┌──

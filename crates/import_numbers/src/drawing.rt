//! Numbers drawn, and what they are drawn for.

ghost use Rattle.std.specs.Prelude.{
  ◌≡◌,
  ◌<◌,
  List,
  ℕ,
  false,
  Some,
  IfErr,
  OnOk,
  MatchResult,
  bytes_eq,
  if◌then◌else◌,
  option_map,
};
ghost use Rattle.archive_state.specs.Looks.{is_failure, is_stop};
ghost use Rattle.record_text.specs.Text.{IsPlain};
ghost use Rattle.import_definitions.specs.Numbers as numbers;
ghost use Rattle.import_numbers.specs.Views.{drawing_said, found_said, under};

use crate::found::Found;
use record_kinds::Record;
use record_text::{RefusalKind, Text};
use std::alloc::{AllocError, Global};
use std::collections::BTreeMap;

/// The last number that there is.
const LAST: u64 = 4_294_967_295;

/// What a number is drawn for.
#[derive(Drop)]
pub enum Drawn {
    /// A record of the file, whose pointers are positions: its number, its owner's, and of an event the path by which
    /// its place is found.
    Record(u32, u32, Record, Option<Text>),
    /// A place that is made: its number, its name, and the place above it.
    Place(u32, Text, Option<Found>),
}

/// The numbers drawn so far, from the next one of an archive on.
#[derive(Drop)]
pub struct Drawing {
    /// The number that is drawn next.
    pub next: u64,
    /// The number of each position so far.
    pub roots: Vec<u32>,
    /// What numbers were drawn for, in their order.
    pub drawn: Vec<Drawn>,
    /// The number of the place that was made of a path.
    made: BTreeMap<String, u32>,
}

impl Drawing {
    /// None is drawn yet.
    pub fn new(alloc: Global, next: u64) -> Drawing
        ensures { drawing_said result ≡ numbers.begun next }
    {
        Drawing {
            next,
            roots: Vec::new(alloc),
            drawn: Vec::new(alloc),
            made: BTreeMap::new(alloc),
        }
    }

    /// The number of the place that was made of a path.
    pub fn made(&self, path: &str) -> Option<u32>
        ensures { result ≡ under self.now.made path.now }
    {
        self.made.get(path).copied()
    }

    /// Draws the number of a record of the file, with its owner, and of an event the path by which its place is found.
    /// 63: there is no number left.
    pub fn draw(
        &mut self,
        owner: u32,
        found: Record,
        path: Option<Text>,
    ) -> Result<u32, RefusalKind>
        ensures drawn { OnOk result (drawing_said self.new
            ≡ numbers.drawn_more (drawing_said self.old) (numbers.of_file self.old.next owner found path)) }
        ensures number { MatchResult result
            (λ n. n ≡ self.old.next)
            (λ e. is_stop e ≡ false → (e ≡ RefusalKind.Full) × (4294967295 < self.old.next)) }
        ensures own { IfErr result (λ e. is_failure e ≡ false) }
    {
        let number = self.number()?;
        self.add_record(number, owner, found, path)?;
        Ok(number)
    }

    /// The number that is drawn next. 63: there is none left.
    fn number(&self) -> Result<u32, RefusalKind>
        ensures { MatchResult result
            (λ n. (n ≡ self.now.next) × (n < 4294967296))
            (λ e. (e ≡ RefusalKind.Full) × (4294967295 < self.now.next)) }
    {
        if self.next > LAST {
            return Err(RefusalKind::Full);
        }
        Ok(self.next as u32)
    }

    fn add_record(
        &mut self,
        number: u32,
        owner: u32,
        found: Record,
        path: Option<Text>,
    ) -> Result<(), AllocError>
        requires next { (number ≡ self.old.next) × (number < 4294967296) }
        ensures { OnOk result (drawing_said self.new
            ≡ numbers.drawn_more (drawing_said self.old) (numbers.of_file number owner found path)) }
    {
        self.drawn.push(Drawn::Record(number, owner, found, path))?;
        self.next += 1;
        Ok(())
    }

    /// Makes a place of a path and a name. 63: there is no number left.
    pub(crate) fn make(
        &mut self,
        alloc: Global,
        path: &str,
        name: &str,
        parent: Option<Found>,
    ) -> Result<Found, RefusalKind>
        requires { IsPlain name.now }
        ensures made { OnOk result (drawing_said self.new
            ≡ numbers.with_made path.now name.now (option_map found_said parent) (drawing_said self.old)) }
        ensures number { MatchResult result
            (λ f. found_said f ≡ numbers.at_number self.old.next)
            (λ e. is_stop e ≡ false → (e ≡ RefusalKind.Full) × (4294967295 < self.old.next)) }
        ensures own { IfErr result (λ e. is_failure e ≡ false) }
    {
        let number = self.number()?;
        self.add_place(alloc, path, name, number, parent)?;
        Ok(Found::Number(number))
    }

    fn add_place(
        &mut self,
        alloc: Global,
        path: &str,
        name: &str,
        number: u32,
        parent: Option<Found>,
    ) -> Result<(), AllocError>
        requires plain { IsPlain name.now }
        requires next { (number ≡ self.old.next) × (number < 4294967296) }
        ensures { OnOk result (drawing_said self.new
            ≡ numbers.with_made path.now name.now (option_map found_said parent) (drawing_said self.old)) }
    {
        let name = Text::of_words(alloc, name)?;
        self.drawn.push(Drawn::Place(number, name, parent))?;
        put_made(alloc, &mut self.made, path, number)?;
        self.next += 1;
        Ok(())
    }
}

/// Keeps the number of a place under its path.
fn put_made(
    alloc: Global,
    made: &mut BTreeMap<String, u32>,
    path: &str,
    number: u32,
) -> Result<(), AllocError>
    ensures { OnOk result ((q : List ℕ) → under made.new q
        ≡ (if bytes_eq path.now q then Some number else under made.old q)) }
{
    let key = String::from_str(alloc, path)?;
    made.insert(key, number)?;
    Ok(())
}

└──

- [Problem details]: Each record above has to be repeated word for word.

- [Expected output]:
filename crates/import_numbers/src/drawing.rt
//! Numbers drawn, and what they are drawn for.

ghost use Rattle.std.specs.Prelude.{
  ◌≡◌,
  ◌<◌,
  List,
  ℕ,
  false,
  Some,
  IfErr,
  OnOk,
  MatchResult,
  bytes_eq,
  if◌then◌else◌,
  option_map,
};
ghost use Rattle.archive_state.specs.Looks.{is_failure, is_stop};
ghost use Rattle.record_text.specs.Text.{IsPlain};
ghost use Rattle.import_definitions.specs.Numbers as numbers;
ghost use Rattle.import_numbers.specs.Views.{drawing_said, found_said, under};

use crate::found::Found;
use record_kinds::Record;
use record_text::{RefusalKind, Text};
use std::alloc::{AllocError, Global};
use std::collections::BTreeMap;

/// The last number that there is.
const LAST: u64 = 4_294_967_295;

/// What a number is drawn for.
#[derive(Drop)]
pub enum Drawn {
    /// A record of the file, whose pointers are positions: its number, its owner's, and of an event the path by which
    /// its place is found.
    Record(u32, u32, Record, Option<Text>),
    /// A place that is made: its number, its name, and the place above it.
    Place(u32, Text, Option<Found>),
}

/// The numbers drawn so far, from the next one of an archive on.
#[derive(Drop)]
pub struct Drawing {
    /// The number that is drawn next.
    pub next: u64,
    /// The number of each position so far.
    pub roots: Vec<u32>,
    /// What numbers were drawn for, in their order.
    pub drawn: Vec<Drawn>,
    /// The number of the place that was made of a path.
    made: BTreeMap<String, u32>,
}

impl Drawing {
    /// None is drawn yet.
    pub fn new(alloc: Global, next: u64) -> Drawing
        ensures { drawing_said result ≡ numbers.begun next }
    {
        Drawing {
            next,
            roots: Vec::new(alloc),
            drawn: Vec::new(alloc),
            made: BTreeMap::new(alloc),
        }
    }

    /// The number of the place that was made of a path.
    pub fn made(&self, path: &str) -> Option<u32>
        ensures { result ≡ under self.now.made path.now }
    {
        self.made.get(path).copied()
    }

    /// Draws the number of a record of the file, with its owner, and of an event the path by which its place is found.
    /// 63: there is no number left.
    pub fn draw(
        &mut self,
        owner: u32,
        found: Record,
        path: Option<Text>,
    ) -> Result<u32, RefusalKind>
        ensures drawn { OnOk result (drawing_said self.new
            ≡ numbers.drawn_more (drawing_said self.old) (numbers.of_file self.old.next owner found path)) }
        ensures number { MatchResult result
            (λ n. n ≡ self.old.next)
            (λ e. is_stop e ≡ false → (e ≡ RefusalKind.Full) × (4294967295 < self.old.next)) }
        ensures own { IfErr result (λ e. is_failure e ≡ false) }
    {
        let number = self.number()?;
        self.add_record(number, owner, found, path)?;
        Ok(number)
    }

    /// The number that is drawn next. 63: there is none left.
    fn number(&self) -> Result<u32, RefusalKind>
        ensures { MatchResult result
            (λ n. (n ≡ self.now.next) × (n < 4294967296))
            (λ e. (e ≡ RefusalKind.Full) × (4294967295 < self.now.next)) }
    {
        if self.next > LAST {
            return Err(RefusalKind::Full);
        }
        Ok(self.next as u32)
    }

    fn add_record(
        &mut self,
        number: u32,
        owner: u32,
        found: Record,
        path: Option<Text>,
    ) -> Result<(), AllocError>
        requires next { (number ≡ self.old.next) × (number < 4294967296) }
        ensures { OnOk result (drawing_said self.new
            ≡ numbers.drawn_more (drawing_said self.old) (numbers.of_file number owner found path)) }
    {
        self.drawn.push(Drawn::Record(number, owner, found, path))?;
        self.next += 1;
        Ok(())
    }

    /// Makes a place of a path and a name. 63: there is no number left.
    pub(crate) fn make(
        &mut self,
        alloc: Global,
        path: &str,
        name: &str,
        parent: Option<Found>,
    ) -> Result<Found, RefusalKind>
        requires { IsPlain name.now }
        ensures made { OnOk result (drawing_said self.new
            ≡ numbers.with_made path.now name.now (option_map found_said parent) (drawing_said self.old)) }
        ensures number { MatchResult result
            (λ f. found_said f ≡ numbers.at_number self.old.next)
            (λ e. is_stop e ≡ false → (e ≡ RefusalKind.Full) × (4294967295 < self.old.next)) }
        ensures own { IfErr result (λ e. is_failure e ≡ false) }
    {
        let number = self.number()?;
        self.add_place(alloc, path, name, number, parent)?;
        Ok(Found::Number(number))
    }

    fn add_place(
        &mut self,
        alloc: Global,
        path: &str,
        name: &str,
        number: u32,
        parent: Option<Found>,
    ) -> Result<(), AllocError>
        requires plain { IsPlain name.now }
        requires next { (number ≡ self.old.next) × (number < 4294967296) }
        ensures { OnOk result (drawing_said self.new
            ≡ numbers.with_made path.now name.now (option_map found_said parent) (drawing_said self.old)) }
    {
        let name = Text::of_words(alloc, name)?;
        self.drawn.push(Drawn::Place(number, name, parent))?;
        put_made(alloc, &mut self.made, path, number)?;
        self.next += 1;
        Ok(())
    }
}

/// Keeps the number of a place under its path.
fn put_made(
    alloc: Global,
    made: &mut BTreeMap<String, u32>,
    path: &str,
    number: u32,
) -> Result<(), AllocError>
    ensures { OnOk result ((q : List ℕ) → under made.new q
        ≡ (if bytes_eq path.now q then Some number else under made.old q)) }
{
    let key = String::from_str(alloc, path)?;
    made.insert(key, number)?;
    Ok(())
}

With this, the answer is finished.